В комнате сидел молодой парень — немногим старше его самого, — с орденом Боевого Красного Знамени на гимнастерке, с отпущенным по-казацки светлым чубом. Он внимательно посмотрел на Михаила.

— Садись, — наконец сказал он ему и отпустил конвоира. — Будем знакомиться? Погорелов Иван Семенович, член окружной коллегии ГПУ.

— Шолохов Михаил.

— Почему ты отказался отвечать на вопросы товарища Резника?

— Товарищ Резник…

— Для тебя — гражданин, — строго поправил его Погорелов.

— Пусть будет — гражданин. Так вот — этот гражданин явно неровно ко мне дышит. Два года он уже меня пасет, придирается ко всяким мелочам, а почему — не знаю. Может быть, потому, что слесарем работал на мельнице, где мой отец был управляющим? Поэтому я попросил другого следователя, чтобы справедливо во всем разобрался.

— Товарищ Резник говорит, что твой отец был не управляющим, а хозяином мельницы.

— Хозяином он стал в 1917 году, когда бывший хозяин, купец Симонов, распродал все по дешевке и смылся. Но Резник к тому времени уже там не работал.

— А сколько это — по дешевке? — вкрадчиво поинтересовался Погорелое.

— Не знаю, это вы у отца лучше спросите. У него тогда мать умерла, оставила ему какие-то деньги. Сами мы не смогли бы купить мельницу и по дешевке.

— Что значит — «сами не смогли бы»? Деньги-то семейные. Значит, сами и смогли. Отец-то из купеческого сословия, что ли?

— Дед купцом был, да разорился. А отец до мельницы своего дела не имел, служил по торговой части. Мельницу эту, как советская власть пришла, мы сдали от греха подальше. А сейчас нэп, снова частники мельницы к рукам прибирают. Мы же и не помышляем, а нам все — мельники, мельники!

— И что же — у товарища Резника, когда он там работал, с твоим отцом столкновения были?

— Не было у них никаких столкновений! Наоборот, отец знал, что Резник организовал среди рабочих подпольный кружок, что читают запрещенную литературу, и не донес хозяину!

— Так, может, у тебя с ним были столкновения?

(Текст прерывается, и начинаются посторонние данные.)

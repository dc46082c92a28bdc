//! A name in the root of an instrument or of a sample.

ghost use Rattle.std.specs.Prelude.{◌≡◌, set};
ghost use Rattle.ft_segments.specs.Packing.{bytes_word};

use ft_image::bytes_word;

/// Puts a name of 22 bytes into words 3 to 5.
pub(crate) fn put_name(words: &mut [u64; 256], name: &[u8; 22])
    ensures { words.new ≡ set (set (set words.old 3 (bytes_word name.now 0)) 4
        (bytes_word name.now 1)) 5 (bytes_word name.now 2) }
{
    words[3] = bytes_word(name, 0);
    words[4] = bytes_word(name, 1);
    words[5] = bytes_word(name, 2);
}
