//! The orders and the name in the root of a song.

ghost use Rattle.std.specs.Prelude.{◌≡◌, ◌≤◌, ◌<◌, ◌+◌, ℕ, List, length};
ghost use Rattle.ft_types.specs.declared.module.Module.{Module};
ghost use Rattle.ft_types.specs.Valid.{IsValid};
ghost use Rattle.ft_roots.specs.RootWords.{HasSongWords};

use crate::song_head::{orders_of, with_length};
use arrayvec::ArrayVec;
use ft_image::{byte, bytes_word, rows_are_read};

/// The orders of a song.
pub fn orders_in(words: &[u64; 256]) -> ArrayVec<u8, 256>
    ensures { (m : Module) (patterns instruments : List ℕ) → IsValid m
        → HasSongWords words.now m patterns instruments → result.items ≡ m.orders }
{
    rows_are_read();
    let count = orders_of(words[0]).min(256);
    let mut orders = ArrayVec::new();
    for i in 0..count {
        let word = words[8 + usize::from(i / 8)];
        orders.push(byte(word, (i % 8) as u8));
    }
    orders
}

/// Gives a song these orders.
pub fn put_orders(words: &mut [u64; 256], orders: &[u8])
    requires { length orders.now ≤ 256 }
    ensures { (m : Module) (patterns instruments : List ℕ) → length m.orders ≤ 256
        → HasSongWords words.old m patterns instruments
        → HasSongWords words.new (record m { orders = orders.now }) patterns instruments }
{
    words[0] = with_length(words[0], orders.len() as u16);
    for k in 0..32u8 {
        words[8 + usize::from(k)] = bytes_word(orders, k);
    }
}

/// Names a song.
pub fn put_title(words: &mut [u64; 256], name: &[u8; 20])
    ensures { (m : Module) (patterns instruments : List ℕ)
        → HasSongWords words.old m patterns instruments
        → HasSongWords words.new (record m { name = name.now }) patterns instruments }
{
    for k in 0..3u8 {
        words[2 + usize::from(k)] = bytes_word(name, k);
    }
}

— Да я же от горшка два вершка был! Какие у меня могут быть столкновения со взрослым человеком? Я на этой мельнице целыми днями торчал — нравилось мне смотреть, как люди там работают. Может, и мешал кому, но не помню, чтобы гражданин Резник хоть раз меня прогнал. Он тогда такой вежливый, внимательный был, все показывал, рассказывал…

— Стало быть, вы друзьями были? — засмеялся, сверкнув белыми зубами, Погорелов.

— Друзьями — не друзьями, а ссор не припомню. А вот когда в двадцатом году снова встретились с гражданином Резником, он мне вдруг сразу — «мельник», «сын мельника»! Еще тогда вопросы с подковыркой стал задавать. А мне всего пятнадцать лет стукнуло. Дальше — больше. Его послушать — чуть ли не я виноват, что Махно на Каргинскую налетел! Может, я еще банду Фомина организовал и мятеж в Кронштадте поднял?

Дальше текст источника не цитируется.